'''

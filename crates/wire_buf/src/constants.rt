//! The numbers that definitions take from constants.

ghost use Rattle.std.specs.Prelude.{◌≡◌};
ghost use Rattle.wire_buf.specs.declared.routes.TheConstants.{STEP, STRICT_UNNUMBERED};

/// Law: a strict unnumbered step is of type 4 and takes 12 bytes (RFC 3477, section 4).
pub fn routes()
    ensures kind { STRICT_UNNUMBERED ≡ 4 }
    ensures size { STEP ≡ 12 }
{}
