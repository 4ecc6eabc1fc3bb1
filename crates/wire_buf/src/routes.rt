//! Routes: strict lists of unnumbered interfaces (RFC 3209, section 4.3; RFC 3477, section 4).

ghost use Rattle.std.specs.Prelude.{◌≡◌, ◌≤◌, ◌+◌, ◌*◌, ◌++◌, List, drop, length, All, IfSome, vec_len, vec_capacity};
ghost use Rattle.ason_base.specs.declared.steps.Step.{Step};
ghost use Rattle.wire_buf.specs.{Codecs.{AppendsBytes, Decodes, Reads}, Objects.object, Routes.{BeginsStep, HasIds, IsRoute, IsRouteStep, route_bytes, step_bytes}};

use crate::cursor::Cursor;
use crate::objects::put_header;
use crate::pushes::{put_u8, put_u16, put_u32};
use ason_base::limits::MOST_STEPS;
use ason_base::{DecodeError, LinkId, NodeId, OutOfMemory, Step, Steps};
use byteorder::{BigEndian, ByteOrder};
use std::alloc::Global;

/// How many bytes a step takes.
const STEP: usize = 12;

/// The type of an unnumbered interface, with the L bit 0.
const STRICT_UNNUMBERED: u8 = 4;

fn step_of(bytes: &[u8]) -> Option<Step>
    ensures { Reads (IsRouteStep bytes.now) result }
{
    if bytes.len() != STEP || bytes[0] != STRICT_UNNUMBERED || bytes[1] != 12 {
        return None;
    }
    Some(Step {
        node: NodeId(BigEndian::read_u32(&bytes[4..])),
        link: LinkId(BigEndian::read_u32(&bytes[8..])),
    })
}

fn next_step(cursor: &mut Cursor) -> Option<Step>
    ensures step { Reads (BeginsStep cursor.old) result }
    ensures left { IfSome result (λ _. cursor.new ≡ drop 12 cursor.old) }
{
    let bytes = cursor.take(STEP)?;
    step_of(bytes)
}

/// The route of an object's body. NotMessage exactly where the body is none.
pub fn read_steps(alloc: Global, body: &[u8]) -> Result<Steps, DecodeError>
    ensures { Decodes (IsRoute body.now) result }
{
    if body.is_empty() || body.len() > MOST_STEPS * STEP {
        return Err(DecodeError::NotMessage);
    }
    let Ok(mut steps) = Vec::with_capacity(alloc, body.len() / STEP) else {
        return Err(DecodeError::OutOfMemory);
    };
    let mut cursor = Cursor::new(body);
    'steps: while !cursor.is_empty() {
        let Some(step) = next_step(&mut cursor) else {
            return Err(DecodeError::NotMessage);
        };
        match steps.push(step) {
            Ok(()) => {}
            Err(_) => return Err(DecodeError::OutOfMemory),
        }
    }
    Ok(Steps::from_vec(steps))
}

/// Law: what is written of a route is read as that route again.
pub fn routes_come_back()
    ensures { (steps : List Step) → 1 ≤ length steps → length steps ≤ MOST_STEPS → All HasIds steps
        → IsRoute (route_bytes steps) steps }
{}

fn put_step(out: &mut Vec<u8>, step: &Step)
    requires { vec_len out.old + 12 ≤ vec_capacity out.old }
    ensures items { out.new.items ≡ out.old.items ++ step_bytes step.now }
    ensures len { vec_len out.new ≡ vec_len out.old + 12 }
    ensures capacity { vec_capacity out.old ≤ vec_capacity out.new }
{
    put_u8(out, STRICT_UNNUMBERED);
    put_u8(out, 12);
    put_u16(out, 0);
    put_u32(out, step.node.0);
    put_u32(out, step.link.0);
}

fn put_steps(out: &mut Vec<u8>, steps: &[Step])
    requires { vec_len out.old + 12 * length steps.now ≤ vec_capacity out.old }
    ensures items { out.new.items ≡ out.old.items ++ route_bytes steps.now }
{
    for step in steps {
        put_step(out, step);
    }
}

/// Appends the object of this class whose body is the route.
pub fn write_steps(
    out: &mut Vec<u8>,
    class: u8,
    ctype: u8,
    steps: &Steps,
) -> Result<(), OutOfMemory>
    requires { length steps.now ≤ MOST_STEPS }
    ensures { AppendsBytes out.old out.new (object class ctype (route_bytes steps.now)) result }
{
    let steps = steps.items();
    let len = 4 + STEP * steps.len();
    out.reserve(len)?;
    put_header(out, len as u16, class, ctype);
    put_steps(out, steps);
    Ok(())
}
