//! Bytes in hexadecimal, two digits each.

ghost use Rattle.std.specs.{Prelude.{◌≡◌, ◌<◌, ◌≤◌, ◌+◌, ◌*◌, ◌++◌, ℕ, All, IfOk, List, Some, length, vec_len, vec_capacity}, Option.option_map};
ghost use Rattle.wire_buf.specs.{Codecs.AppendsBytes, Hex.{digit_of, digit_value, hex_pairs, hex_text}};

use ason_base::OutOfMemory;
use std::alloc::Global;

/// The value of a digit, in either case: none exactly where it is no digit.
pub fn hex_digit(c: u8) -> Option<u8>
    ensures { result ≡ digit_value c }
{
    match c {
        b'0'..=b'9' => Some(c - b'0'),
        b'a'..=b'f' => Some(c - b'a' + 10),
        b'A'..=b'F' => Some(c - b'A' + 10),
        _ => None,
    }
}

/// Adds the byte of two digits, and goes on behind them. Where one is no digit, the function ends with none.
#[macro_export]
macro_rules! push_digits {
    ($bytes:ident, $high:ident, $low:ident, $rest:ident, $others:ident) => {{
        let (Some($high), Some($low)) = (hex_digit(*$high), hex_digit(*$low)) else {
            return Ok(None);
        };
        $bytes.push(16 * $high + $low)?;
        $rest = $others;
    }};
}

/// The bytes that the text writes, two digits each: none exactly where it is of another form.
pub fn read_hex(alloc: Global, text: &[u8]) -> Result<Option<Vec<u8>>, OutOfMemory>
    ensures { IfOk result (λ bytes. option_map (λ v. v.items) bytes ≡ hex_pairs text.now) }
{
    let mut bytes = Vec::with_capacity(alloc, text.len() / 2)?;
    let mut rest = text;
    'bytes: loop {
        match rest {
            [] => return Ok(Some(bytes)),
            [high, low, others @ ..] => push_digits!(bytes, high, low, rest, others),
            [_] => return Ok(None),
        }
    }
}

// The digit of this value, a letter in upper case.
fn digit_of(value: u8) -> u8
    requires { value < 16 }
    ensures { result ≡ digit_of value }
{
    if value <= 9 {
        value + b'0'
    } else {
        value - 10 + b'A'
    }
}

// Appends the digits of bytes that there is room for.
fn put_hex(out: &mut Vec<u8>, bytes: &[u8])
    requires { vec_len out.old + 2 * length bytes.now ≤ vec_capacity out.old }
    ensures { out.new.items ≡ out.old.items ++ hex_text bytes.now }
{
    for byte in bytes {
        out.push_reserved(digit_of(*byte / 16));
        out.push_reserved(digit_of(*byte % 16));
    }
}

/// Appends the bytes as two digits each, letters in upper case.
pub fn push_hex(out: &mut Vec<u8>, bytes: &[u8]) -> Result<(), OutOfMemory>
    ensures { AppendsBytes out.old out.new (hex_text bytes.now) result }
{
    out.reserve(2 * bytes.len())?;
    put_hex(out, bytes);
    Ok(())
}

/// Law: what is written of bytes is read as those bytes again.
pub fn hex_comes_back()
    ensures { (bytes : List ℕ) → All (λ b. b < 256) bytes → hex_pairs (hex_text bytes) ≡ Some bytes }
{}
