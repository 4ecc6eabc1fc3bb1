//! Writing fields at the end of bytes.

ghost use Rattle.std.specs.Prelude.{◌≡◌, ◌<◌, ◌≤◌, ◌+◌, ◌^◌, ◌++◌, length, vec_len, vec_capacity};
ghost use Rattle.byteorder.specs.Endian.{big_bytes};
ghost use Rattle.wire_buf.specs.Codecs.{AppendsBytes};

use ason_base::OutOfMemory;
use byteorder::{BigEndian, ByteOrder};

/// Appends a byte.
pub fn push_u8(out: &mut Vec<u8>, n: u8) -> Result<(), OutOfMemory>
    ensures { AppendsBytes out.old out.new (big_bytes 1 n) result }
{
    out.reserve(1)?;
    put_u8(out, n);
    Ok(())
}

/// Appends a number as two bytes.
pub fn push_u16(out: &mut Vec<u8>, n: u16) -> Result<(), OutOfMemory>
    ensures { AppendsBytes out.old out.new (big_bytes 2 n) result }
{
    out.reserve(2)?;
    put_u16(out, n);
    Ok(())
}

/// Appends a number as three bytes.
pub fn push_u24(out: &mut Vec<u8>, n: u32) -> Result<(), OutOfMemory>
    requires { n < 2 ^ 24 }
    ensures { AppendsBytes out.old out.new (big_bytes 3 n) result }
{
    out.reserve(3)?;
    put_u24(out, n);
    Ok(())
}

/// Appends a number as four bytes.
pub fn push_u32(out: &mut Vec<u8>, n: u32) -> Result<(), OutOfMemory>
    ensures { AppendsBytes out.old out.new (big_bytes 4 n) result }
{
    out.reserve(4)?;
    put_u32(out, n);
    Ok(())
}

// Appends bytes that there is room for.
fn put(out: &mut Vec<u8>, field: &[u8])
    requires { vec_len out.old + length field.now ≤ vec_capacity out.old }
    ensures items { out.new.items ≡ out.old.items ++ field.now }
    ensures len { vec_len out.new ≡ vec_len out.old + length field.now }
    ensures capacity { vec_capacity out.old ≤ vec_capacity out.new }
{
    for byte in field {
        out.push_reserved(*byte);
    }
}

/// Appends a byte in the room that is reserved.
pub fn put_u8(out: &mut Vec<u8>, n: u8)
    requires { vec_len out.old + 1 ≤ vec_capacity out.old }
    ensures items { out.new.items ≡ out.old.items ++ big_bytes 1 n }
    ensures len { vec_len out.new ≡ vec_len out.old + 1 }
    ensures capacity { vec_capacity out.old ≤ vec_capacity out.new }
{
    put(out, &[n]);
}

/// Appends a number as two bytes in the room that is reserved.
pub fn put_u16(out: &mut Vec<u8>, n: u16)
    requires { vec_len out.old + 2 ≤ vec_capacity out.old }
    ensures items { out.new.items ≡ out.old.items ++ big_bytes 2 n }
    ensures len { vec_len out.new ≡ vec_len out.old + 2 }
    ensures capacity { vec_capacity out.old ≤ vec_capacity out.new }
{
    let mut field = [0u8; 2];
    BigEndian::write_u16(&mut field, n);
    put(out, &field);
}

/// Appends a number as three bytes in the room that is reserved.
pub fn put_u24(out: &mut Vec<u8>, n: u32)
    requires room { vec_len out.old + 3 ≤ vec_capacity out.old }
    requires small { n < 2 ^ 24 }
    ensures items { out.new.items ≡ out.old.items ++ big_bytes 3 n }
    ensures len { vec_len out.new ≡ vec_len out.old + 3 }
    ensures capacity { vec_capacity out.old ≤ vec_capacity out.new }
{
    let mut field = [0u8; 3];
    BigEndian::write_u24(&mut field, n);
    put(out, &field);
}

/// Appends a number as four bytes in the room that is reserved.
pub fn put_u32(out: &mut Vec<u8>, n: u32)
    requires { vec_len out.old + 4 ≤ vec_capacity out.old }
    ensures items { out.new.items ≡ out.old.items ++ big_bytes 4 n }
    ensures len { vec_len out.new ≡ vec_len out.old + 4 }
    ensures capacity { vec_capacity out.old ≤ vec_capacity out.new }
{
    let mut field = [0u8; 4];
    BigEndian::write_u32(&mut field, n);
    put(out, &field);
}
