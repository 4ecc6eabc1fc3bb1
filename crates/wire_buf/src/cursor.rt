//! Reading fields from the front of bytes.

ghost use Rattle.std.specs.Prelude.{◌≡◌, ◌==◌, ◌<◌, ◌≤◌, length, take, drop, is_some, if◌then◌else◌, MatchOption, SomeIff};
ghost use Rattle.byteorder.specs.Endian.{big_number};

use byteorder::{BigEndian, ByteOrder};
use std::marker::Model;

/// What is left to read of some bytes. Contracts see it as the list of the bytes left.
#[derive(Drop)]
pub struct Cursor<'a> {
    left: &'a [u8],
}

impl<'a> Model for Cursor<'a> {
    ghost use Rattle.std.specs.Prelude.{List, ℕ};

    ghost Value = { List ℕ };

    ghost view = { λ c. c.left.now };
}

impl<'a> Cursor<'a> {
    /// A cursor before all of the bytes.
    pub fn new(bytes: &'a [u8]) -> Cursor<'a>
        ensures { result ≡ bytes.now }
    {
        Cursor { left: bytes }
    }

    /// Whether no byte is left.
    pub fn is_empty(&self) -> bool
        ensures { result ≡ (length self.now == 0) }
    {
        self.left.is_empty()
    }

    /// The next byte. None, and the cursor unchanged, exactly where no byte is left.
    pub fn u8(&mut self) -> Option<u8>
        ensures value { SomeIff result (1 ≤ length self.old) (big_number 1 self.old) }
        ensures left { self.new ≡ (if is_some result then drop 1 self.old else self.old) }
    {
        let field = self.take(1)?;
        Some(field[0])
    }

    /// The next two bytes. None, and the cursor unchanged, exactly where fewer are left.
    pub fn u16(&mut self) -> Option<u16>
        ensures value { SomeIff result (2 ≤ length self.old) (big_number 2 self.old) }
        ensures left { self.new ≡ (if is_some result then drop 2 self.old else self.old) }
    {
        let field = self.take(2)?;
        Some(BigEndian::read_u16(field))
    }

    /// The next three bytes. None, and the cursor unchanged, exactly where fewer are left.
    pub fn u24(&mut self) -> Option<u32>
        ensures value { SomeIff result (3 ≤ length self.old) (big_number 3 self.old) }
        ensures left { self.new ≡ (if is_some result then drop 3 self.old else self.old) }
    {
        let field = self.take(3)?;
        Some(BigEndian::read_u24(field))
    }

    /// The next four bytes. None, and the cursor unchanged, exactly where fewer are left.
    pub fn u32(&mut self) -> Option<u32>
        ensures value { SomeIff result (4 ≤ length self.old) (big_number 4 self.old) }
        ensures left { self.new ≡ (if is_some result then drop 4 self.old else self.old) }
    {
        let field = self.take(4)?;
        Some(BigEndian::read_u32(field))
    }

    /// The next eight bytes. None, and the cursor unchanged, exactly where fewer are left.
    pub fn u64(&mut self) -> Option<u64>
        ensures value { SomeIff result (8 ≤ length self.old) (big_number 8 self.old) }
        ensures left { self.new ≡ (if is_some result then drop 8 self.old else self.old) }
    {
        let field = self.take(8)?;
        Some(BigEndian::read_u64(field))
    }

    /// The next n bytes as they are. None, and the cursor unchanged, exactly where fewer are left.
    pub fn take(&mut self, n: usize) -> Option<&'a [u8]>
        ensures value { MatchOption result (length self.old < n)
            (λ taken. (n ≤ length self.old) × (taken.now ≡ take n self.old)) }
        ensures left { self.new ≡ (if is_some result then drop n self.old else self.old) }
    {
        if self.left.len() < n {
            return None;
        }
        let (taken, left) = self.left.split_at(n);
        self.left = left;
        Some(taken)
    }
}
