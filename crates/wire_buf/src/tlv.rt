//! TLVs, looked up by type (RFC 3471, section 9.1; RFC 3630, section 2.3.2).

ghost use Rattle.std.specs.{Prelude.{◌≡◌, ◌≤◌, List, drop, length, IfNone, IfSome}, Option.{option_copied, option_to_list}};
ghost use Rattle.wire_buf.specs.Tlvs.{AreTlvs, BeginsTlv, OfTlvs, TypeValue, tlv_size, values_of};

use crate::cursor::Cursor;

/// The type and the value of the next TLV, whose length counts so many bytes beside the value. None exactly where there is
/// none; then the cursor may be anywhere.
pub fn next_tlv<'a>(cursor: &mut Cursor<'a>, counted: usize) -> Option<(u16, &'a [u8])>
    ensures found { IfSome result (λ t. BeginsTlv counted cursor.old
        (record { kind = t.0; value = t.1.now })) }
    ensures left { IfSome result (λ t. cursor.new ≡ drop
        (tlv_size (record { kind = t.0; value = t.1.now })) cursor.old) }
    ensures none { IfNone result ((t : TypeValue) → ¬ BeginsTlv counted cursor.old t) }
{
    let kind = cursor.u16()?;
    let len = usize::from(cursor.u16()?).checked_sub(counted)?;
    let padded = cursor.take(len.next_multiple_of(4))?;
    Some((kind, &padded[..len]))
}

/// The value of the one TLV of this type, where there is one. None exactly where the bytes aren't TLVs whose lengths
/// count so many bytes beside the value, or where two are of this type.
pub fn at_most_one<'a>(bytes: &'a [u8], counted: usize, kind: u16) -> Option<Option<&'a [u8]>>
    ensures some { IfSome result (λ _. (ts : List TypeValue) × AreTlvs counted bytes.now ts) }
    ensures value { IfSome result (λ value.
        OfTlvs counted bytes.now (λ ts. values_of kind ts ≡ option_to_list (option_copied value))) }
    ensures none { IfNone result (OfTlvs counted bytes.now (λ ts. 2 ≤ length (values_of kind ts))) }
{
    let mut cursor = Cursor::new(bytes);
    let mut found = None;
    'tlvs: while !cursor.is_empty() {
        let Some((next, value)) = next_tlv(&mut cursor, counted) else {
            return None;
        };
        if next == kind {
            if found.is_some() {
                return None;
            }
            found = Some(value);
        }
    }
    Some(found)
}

'''

# ABOUT THIS TASK
Lines that include the word "IfSome" — how many are there in the data? Answer with the number alone.

# RESPONSE FOR THIS EXERCISE
7